Let's try this, obtaining a sample of 10000 days:
```{r, fig.width = 6, fig.height = 2, fig.align = "center"}
n_days <- 10000
## Step 1: generate a bunch of ships arriving each day
arrivals <- rpois(n_days, lambda = 5)
## Step 2: Simulate total gang request on each day.
total_requests <- purrr::map_int(arrivals, demand_gangs)
## Step 3: Compute things like pmf, mean, variance:
tibble(x = total_requests) %>%
ggplot(aes(x, y = ..prop..)) +
geom_bar() +
labs(x = "Total Gang Request",
y = "Probability") +
theme_bw()
tibble(
mean = mean(total_requests),
variance = var(total_requests)
) %>%
knitr::kable()
```
### Generating Continuous Data
```{r, warning = FALSE, message = FALSE, echo = FALSE}
library(tidyverse)
knitr::opts_chunk$set(echo = FALSE, fig.align = "center")
```
Until now, we've sidestepped the actual procedure for how a random outcome is actually generated. For the discrete case, we could get by with the "drawing from a hat" analogy. But this won't get us far in the continuous case, because each outcome has 0 probability of occuring.
The idea is to convert a random number between 0 and 1 into an outcome. Going back to the discrete case, using the Mario Kart example, we can break the interval [0, 1] into sub-intervals with widths equal to their probabilities.
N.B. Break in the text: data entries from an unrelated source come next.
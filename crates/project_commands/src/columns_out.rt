//! The command `columns-out`: a layer of the project of a file as token and label columns.
ghost use Rattle.std.specs.Prelude.{◌≡◌, ◌≢◌, None, IfErr, IfOk, IsErrOf, MatchResult, OnOk, length};
ghost use Rattle.std.specs.Arc.{arc_value};
ghost use Rattle.named_disks.specs.NamedDisks.{IsIn, KeepsAll, reads_as};
ghost use Rattle.project_book.specs.Keeping.{TellsKeeper};
ghost use Rattle.layer_rules.specs.WellFormed.{IsWellFormed};
ghost use Rattle.token_columns.specs.Columns.{columns};
ghost use Rattle.token_columns.specs.Fits.{Fits};
ghost use Rattle.project_commands.specs.ColumnsOut.{LacksColumns, NoColumns, NotShown, PrintsColumns, ShowsColumns};

use crate::showing::{LayerRead, read_layer};
use mark_base::{Bytes, Slug, Steps};
use named_disks::Disks;
use program_inputs::{Trouble, look_at_project};
use project_book::Book;
use project_journal::Keeper;
use std::alloc::Global;
use std::sync::ledger::Ledger;
use token_columns::{ColumnOut, column_bytes};

/// The columns of a layer, or why they do not show it.
fn columns_of(alloc: Global, read: &LayerRead) -> Result<Bytes, Trouble>
    requires { IsWellFormed (arc_value read.now.conf) (length (arc_value read.now.doc)) (arc_value read.now.layer) }
    ensures columns { IfOk result (λ bytes. bytes ≡ columns (arc_value read.now.conf) (arc_value read.now.doc) (arc_value read.now.layer)) }
    ensures fits { OnOk result (Fits (arc_value read.now.doc) (arc_value read.now.layer)) }
    ensures lacking { IfErr result (LacksColumns (arc_value read.now.doc) (arc_value read.now.layer)) }
    ensures no_disk { IfErr result (λ trouble. trouble ≢ Trouble.DiskFailed) }
    ensures no_file { IfErr result (λ trouble. trouble ≢ Trouble.FileFailed) }
    ensures no_read { IfErr result (λ trouble. trouble ≢ Trouble.ReadFault) }
    ensures no_write { IfErr result (λ trouble. trouble ≢ Trouble.WriteFault) }
    ensures no_use { IfErr result (λ trouble. trouble ≢ Trouble.DiskInUse) }
{
    match column_bytes(alloc, &read.layer, &read.doc, &read.conf) {
        Ok(bytes) => Ok(bytes),
        Err(ColumnOut::Memory) => Err(Trouble::Memory),
        Err(fault) => Err(Trouble::ColumnsOut { fault }),
    }
}

/// The columns of the committed layer of an annotator of a project.
fn columns_here<K: Keeper, G: Ledger>(
    alloc: Global,
    project: &mut Book<K>,
    who: &Slug,
    name: Slug,
    steps: &mut Steps<G>,
) -> Result<Bytes, Trouble>
    ensures shown { IfOk result (λ bytes. ShowsColumns project.old.log who.now name bytes project.new.log) }
    ensures refused { IfErr result (NotShown project.old.log who.now name) }
    ensures keeper { TellsKeeper K.faults K.faultless project.old.keeper project.new.keeper (IsErrOf result Trouble.DiskFailed) }
    ensures certain { K.doubt project.old.keeper ≡ None → OnOk result (K.doubt project.new.keeper ≡ None) }
    ensures no_file { IfErr result (λ trouble. trouble ≢ Trouble.FileFailed) }
    ensures no_read { IfErr result (λ trouble. trouble ≢ Trouble.ReadFault) }
    ensures no_write { IfErr result (λ trouble. trouble ≢ Trouble.WriteFault) }
    ensures no_use { IfErr result (λ trouble. trouble ≢ Trouble.DiskInUse) }
{
    let owner = who.copy()?;
    let read = match read_layer(project, who, name, owner, steps) {
        Ok(read) => read,
        Err(why) => return Err(why),
    };
    match columns_of(alloc, &read) {
        Ok(bytes) => Ok(bytes),
        Err(why) => Err(why),
    }
}

/// `columns-out BOOK WHO NAME`: reads the project of a file as it stands, and gives the token and label columns of the committed layer
/// of an annotator on a document, as the annotator reads it. A layer that columns cannot show is told by its first fault.
/// Cost: reading the project, and the columns.
pub fn show_columns<D: Disks, G: Ledger>(
    alloc: Global,
    book: &str,
    who: &Slug,
    name: Slug,
    disks: &mut D,
    steps: &mut Steps<G>,
) -> Result<Bytes, Trouble>
    requires { IsIn (D.out disks.old) book.now }
    ensures told { MatchResult result (PrintsColumns (reads_as (D.stored disks.old) book.now) who.now name) (NoColumns (reads_as (D.stored disks.old) book.now) who.now name) }
    ensures kept { KeepsAll (D.stored disks.old) (D.out disks.old) (D.stored disks.new) (D.out disks.new) }
    ensures stays { D.faultless disks.old → D.faultless disks.new }
    ensures never { D.faultless disks.old → IsErrOf result Trouble.DiskFailed → ⊥ }
    ensures free { D.faultless disks.old → IsErrOf result Trouble.DiskInUse → ⊥ }
    ensures no_file { IfErr result (λ trouble. trouble ≢ Trouble.FileFailed) }
    ensures no_read { IfErr result (λ trouble. trouble ≢ Trouble.ReadFault) }
    ensures no_write { IfErr result (λ trouble. trouble ≢ Trouble.WriteFault) }
{
    let mut project = look_at_project(alloc, disks, book)?;
    match columns_here(alloc, &mut project, who, name, steps) {
        Ok(lines) => Ok(lines),
        Err(why) => Err(why),
    }
}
Visually, this might look like the following:
```{r, fig.height = 3, fig.width = 8}
mario <- tibble(
item = c("Banana", "Bob-omb", "Coin", "Horn", "Shell"),
prob = c(0.12, 0.05, 0.75, 0.03, 0.05)
) %>%
mutate(item = fct_reorder(item, prob)) %>%
arrange(desc(item)) %>%
mutate(right = cumsum(prob),
left = lag(right) %>% replace_na(0)) %>%
gather(key = "position", value = "step", left, right) %>%
group_by(item) %>%
mutate(middle = mean(step))
ggplot(mario, aes(x = step, y = item, group = item)) +
geom_line() +
geom_point() +
geom_text(aes(label = prob, x = middle), position = position_nudge(y = 0.25)) +
theme_minimal() +
labs(x = "Random number", y = "") +
scale_x_reverse(breaks = seq(0, 1, by = 0.25),
labels = seq(0, 1, by = 0.25) %>% rev())
```
We can make a similar plot for a Poisson(3) random variable (the y-axis is truncated because we can't plot all infinite outcomes):
```{r, fig.height = 3, fig.width = 8}
ggplot(tibble(x = 0:1), aes(x)) +
stat_function(fun = function(x) qpois(x, lambda = 3), n = 1000) +
theme_minimal() +
scale_y_continuous("Outcome", breaks = 0:8, limits = c(0, 8)) +
xlab("Random number")
```
Indeed, this plot is nothing other than the quantile function! This idea extends to all random variables. If we want to generate an observation of a random variable $Y$ with quantile function $Q_Y$, just follow these two steps:
1. Generate a number $U$ completely at random between 0 and 1.
2. Calculate the observation as $Y = Q_Y(U)$.
For continuous random variables only, the opposite of this result also has important implications: if $Y$ is a continuous random variable with cdf $F_Y$, then $$F_Y(Y) \sim \text{Unif}(0,1).$$ This is important for p-values in hypothesis testing (DSCI 552+), transformations, and copulas (optional question on your lab assignment).